- DATA FOR REVIEW -
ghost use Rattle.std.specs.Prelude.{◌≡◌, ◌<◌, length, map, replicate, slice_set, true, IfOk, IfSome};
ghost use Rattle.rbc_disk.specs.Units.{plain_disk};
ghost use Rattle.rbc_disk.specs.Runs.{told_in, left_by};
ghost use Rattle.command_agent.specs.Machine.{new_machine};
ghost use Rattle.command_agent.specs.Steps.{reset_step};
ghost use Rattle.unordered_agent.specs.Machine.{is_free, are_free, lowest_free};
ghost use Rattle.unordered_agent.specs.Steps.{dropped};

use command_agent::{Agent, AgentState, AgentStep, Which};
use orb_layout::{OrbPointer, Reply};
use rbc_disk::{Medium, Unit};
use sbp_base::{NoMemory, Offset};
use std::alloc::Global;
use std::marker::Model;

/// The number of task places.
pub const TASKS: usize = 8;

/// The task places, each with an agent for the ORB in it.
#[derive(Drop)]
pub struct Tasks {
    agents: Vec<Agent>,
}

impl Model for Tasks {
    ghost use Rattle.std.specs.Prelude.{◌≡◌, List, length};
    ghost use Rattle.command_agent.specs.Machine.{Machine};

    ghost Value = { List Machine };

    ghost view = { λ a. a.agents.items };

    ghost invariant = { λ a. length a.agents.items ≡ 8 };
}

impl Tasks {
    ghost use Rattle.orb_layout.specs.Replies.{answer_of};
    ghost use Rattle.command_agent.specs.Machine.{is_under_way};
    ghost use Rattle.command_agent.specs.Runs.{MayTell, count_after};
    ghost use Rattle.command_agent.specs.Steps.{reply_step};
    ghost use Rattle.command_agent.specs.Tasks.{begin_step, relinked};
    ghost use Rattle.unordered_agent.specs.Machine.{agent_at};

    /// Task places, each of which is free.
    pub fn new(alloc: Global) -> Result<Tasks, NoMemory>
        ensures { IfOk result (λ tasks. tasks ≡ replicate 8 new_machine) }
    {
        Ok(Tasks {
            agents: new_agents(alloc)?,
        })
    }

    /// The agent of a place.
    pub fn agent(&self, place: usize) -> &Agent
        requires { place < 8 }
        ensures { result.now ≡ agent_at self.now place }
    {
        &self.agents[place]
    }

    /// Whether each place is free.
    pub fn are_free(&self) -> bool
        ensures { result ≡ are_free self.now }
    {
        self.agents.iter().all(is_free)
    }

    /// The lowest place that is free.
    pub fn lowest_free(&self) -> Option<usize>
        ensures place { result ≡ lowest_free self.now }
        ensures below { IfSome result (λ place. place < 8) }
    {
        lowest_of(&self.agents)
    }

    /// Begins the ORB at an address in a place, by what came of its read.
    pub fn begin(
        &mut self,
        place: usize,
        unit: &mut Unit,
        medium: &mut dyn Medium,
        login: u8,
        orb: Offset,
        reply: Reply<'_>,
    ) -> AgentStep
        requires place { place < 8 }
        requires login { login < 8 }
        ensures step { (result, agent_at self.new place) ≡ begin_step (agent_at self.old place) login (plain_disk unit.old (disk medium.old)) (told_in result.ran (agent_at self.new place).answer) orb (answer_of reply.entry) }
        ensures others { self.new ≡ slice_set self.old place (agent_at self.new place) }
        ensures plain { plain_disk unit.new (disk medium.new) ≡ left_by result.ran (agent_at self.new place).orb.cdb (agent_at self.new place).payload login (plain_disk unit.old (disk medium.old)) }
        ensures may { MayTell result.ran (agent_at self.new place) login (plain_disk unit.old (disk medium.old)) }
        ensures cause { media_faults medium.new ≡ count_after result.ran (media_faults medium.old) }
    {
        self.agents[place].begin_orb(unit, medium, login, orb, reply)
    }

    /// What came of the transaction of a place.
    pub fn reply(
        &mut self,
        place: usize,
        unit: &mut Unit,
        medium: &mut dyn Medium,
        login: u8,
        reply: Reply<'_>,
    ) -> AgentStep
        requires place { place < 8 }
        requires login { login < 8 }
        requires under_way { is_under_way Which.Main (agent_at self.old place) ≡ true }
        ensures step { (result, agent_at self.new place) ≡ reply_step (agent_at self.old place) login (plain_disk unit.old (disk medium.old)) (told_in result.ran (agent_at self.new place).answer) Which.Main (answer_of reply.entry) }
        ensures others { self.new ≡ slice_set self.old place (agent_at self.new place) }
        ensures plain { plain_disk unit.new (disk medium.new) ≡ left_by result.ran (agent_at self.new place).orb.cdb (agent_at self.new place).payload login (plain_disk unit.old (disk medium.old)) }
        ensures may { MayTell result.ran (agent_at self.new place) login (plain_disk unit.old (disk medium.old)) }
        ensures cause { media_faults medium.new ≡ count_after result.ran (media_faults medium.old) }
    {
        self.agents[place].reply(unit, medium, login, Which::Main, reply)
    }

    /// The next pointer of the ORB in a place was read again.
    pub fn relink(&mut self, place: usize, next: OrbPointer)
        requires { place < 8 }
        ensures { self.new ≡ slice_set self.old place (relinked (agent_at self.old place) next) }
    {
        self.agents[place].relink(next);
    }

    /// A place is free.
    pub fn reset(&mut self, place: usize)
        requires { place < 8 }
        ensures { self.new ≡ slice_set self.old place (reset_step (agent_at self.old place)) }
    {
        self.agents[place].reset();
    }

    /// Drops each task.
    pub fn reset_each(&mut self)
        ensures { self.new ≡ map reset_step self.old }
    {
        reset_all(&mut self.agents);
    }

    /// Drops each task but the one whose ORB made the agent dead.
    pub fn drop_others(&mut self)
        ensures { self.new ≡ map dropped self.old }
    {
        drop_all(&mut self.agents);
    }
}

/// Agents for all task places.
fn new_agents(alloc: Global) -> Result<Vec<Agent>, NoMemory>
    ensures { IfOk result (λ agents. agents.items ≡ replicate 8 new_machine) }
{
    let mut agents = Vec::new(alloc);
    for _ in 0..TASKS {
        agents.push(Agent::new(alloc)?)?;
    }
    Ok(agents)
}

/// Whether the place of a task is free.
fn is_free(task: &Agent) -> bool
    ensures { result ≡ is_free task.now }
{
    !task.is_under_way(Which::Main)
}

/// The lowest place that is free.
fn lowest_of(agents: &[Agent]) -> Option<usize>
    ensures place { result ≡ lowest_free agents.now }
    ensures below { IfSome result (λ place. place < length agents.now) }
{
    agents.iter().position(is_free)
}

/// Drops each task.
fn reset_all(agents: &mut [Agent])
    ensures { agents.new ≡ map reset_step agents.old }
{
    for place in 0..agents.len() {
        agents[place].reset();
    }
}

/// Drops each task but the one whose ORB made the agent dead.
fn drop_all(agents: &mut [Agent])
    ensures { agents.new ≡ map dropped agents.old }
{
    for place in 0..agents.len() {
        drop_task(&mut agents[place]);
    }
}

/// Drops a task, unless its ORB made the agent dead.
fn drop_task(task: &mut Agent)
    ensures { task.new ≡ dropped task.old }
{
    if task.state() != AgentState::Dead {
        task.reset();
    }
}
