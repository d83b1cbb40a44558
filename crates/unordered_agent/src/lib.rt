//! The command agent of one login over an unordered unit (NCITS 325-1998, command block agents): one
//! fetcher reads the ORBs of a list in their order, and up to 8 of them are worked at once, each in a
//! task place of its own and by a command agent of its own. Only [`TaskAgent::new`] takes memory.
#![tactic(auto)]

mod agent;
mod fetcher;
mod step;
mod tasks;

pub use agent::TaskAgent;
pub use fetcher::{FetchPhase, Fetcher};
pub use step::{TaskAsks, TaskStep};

- WHAT THE TASK REQUIRES -
For this exercise, write all the records out again exactly.

- EXPECTED OUTPUT -
ghost use Rattle.std.specs.Prelude.{◌≡◌, ◌<◌, length, map, replicate, slice_set, true, IfOk, IfSome};
ghost use Rattle.rbc_disk.specs.Units.{plain_disk};
ghost use Rattle.rbc_disk.specs.Runs.{told_in, left_by};
ghost use Rattle.command_agent.specs.Machine.{new_machine};
ghost use Rattle.command_agent.specs.Steps.{reset_step};
ghost use Rattle.unordered_agent.specs.Machine.{is_free, are_free, lowest_free};
ghost use Rattle.unordered_agent.specs.Steps.{dropped};

use command_agent::{Agent, AgentState, AgentStep, Which};
use orb_layout::{OrbPointer, Reply};
use rbc_disk::{Medium, Unit};
use sbp_base::{NoMemory, Offset};
use std::alloc::Global;
use std::marker::Model;

/// The number of task places.
pub const TASKS: usize = 8;

/// The task places, each with an agent for the ORB in it.
#[derive(Drop)]
pub struct Tasks {
    agents: Vec<Agent>,
}

impl Model for Tasks {
    ghost use Rattle.std.specs.Prelude.{◌≡◌, List, length};
    ghost use Rattle.command_agent.specs.Machine.{Machine};

    ghost Value = { List Machine };

    ghost view = { λ a. a.agents.items };

    ghost invariant = { λ a. length a.agents.items ≡ 8 };
}

impl Tasks {
    ghost use Rattle.orb_layout.specs.Replies.{answer_of};
    ghost use Rattle.command_agent.specs.Machine.{is_under_way};
    ghost use Rattle.command_agent.specs.Runs.{MayTell, count_after};
    ghost use Rattle.command_agent.specs.Steps.{reply_step};
    ghost use Rattle.command_agent.specs.Tasks.{begin_step, relinked};
    ghost use Rattle.unordered_agent.specs.Machine.{agent_at};

    /// Task places, each of which is free.
    pub fn new(alloc: Global) -> Result<Tasks, NoMemory>
        ensures { IfOk result (λ tasks. tasks ≡ replicate 8 new_machine) }
    {
        Ok(Tasks {
            agents: new_agents(alloc)?,
        })
    }

    /// The agent of a place.
    pub fn agent(&self, place: usize) -> &Agent
        requires { place < 8 }
        ensures { result.now ≡ agent_at self.now place }
    {
        &self.agents[place]
    }

    /// Whether each place is free.
    pub fn are_free(&self) -> bool
        ensures { result ≡ are_free self.now }
    {
        self.agents.iter().all(is_free)
    }

    /// The lowest place that is free.
    pub fn lowest_free(&self) -> Option<usize>
        ensures place { result ≡ lowest_free self.now }
        ensures below { IfSome result (λ place. place < 8) }
    {
        lowest_of(&self.agents)
    }

    /// Begins the ORB at an address in a place, by what came of its read.
    pub fn begin(
        &mut self,
        place: usize,
        unit: &mut Unit,
        medium: &mut dyn Medium,
        login: u8,
        orb: Offset,
        reply: Reply<'_>,
    ) -> AgentStep
        requires place { place < 8 }
        requires login { login < 8 }
        ensures step { (result, agent_at self.new place) ≡ begin_step (agent_at self.old place) login (plain_disk unit.old (disk medium.old)) (told_in result.ran (agent_at self.new place).answer) orb (answer_of reply.entry) }
        ensures others { self.new ≡ slice_set self.old place (agent_at self.new place) }
        ensures plain { plain_disk unit.new (disk medium.new) ≡ left_by result.ran (agent_at self.new place).orb.cdb (agent_at self.new place).payload login (plain_disk unit.old (disk medium.old)) }
        ensures may { MayTell result.ran (agent_at self.new place) login (plain_disk unit.old (disk medium.old)) }
        ensures cause { media_faults medium.new ≡ count_after result.ran (media_faults medium.old) }
    {
        self.agents[place].begin_orb(unit, medium, login, orb, reply)
    }

    /// What came of the transaction of a place.
    pub fn reply(
        &mut self,
        place: usize,
        unit: &mut Unit,
        medium: &mut dyn Medium,
        login: u8,
        reply: Reply<'_>,
    ) -> AgentStep
        requires place { place < 8 }
        requires login { login < 8 }
        requires under_way { is_under_way Which.Main (agent_at self.old place) ≡ true }
        ensures step { (result, agent_at self.new place) ≡ reply_step (agent_at self.old place) login (plain_disk unit.old (disk medium.old)) (told_in result.ran (agent_at self.new place).answer) Which.Main (answer_of reply.entry) }
        ensures others { self.new ≡ slice_set self.old place (agent_at self.new place) }
        ensures plain { plain_disk unit.new (disk medium.new) ≡ left_by result.ran (agent_at self.new place).orb.cdb (agent_at self.new place).payload login (plain_disk unit.old (disk medium.old)) }
        ensures may { MayTell result.ran (agent_at self.new place) login (plain_disk unit.old (disk medium.old)) }
        ensures cause { media_faults medium.new ≡ count_after result.ran (media_faults medium.old) }
    {
        self.agents[place].reply(unit, medium, login, Which::Main, reply)
    }

    /// The next pointer of the ORB in a place was read again.
    pub fn relink(&mut self, place: usize, next: OrbPointer)
        requires { place < 8 }
        ensures { self.new ≡ slice_set self.old place (relinked (agent_at self.old place) next) }
    {
        self.agents[place].relink(next);
    }

    /// A place is free.
    pub fn reset(&mut self, place: usize)
        requires { place < 8 }
        ensures { self.new ≡ slice_set self.old place (reset_step (agent_at self.old place)) }
    {
        self.agents[place].reset();
    }

    /// Drops each task.
    pub fn reset_each(&mut self)
        ensures { self.new ≡ map reset_step self.old }
    {
        reset_all(&mut self.agents);
    }

    /// Drops each task but the one whose ORB made the agent dead.
    pub fn drop_others(&mut self)
        ensures { self.new ≡ map dropped self.old }
    {
        drop_all(&mut self.agents);
    }
}

/// Agents for all task places.
fn new_agents(alloc: Global) -> Result<Vec<Agent>, NoMemory>
    ensures { IfOk result (λ agents. agents.items ≡ replicate 8 new_machine) }
{
    let mut agents = Vec::new(alloc);
    for _ in 0..TASKS {
        agents.push(Agent::new(alloc)?)?;
    }
    Ok(agents)
}

/// Whether the place of a task is free.
fn is_free(task: &Agent) -> bool
    ensures { result ≡ is_free task.now }
{
    !task.is_under_way(Which::Main)
}

/// The lowest place that is free.
fn lowest_of(agents: &[Agent]) -> Option<usize>
    ensures place { result ≡ lowest_free agents.now }
    ensures below { IfSome result (λ place. place < length agents.now) }
{
    agents.iter().position(is_free)
}

/// Drops each task.
fn reset_all(agents: &mut [Agent])
    ensures { agents.new ≡ map reset_step agents.old }
{
    for place in 0..agents.len() {
        agents[place].reset();
    }
}

/// Drops each task but the one whose ORB made the agent dead.
fn drop_all(agents: &mut [Agent])
    ensures { agents.new ≡ map dropped agents.old }
{
    for place in 0..agents.len() {
        drop_task(&mut agents[place]);
    }
}

/// Drops a task, unless its ORB made the agent dead.
fn drop_task(task: &mut Agent)
    ensures { task.new ≡ dropped task.old }
{
    if task.state() != AgentState::Dead {
        task.reset();
    }
}
repository d83b1cbb40a44558
filename crates/unordered_agent/src/lib.rt
//! The command agent of one login over an unordered unit (NCITS 325-1998, command block agents): one
//! fetcher reads the ORBs of a list in their order, and up to 8 of them are worked at once, each in a
//! task place of its own and by a command agent of its own. Only [`TaskAgent::new`] takes memory.
#![tactic(auto)]

mod agent;
mod fetcher;
mod step;
mod tasks;

pub use agent::TaskAgent;
pub use fetcher::{FetchPhase, Fetcher};
pub use step::{TaskAsks, TaskStep};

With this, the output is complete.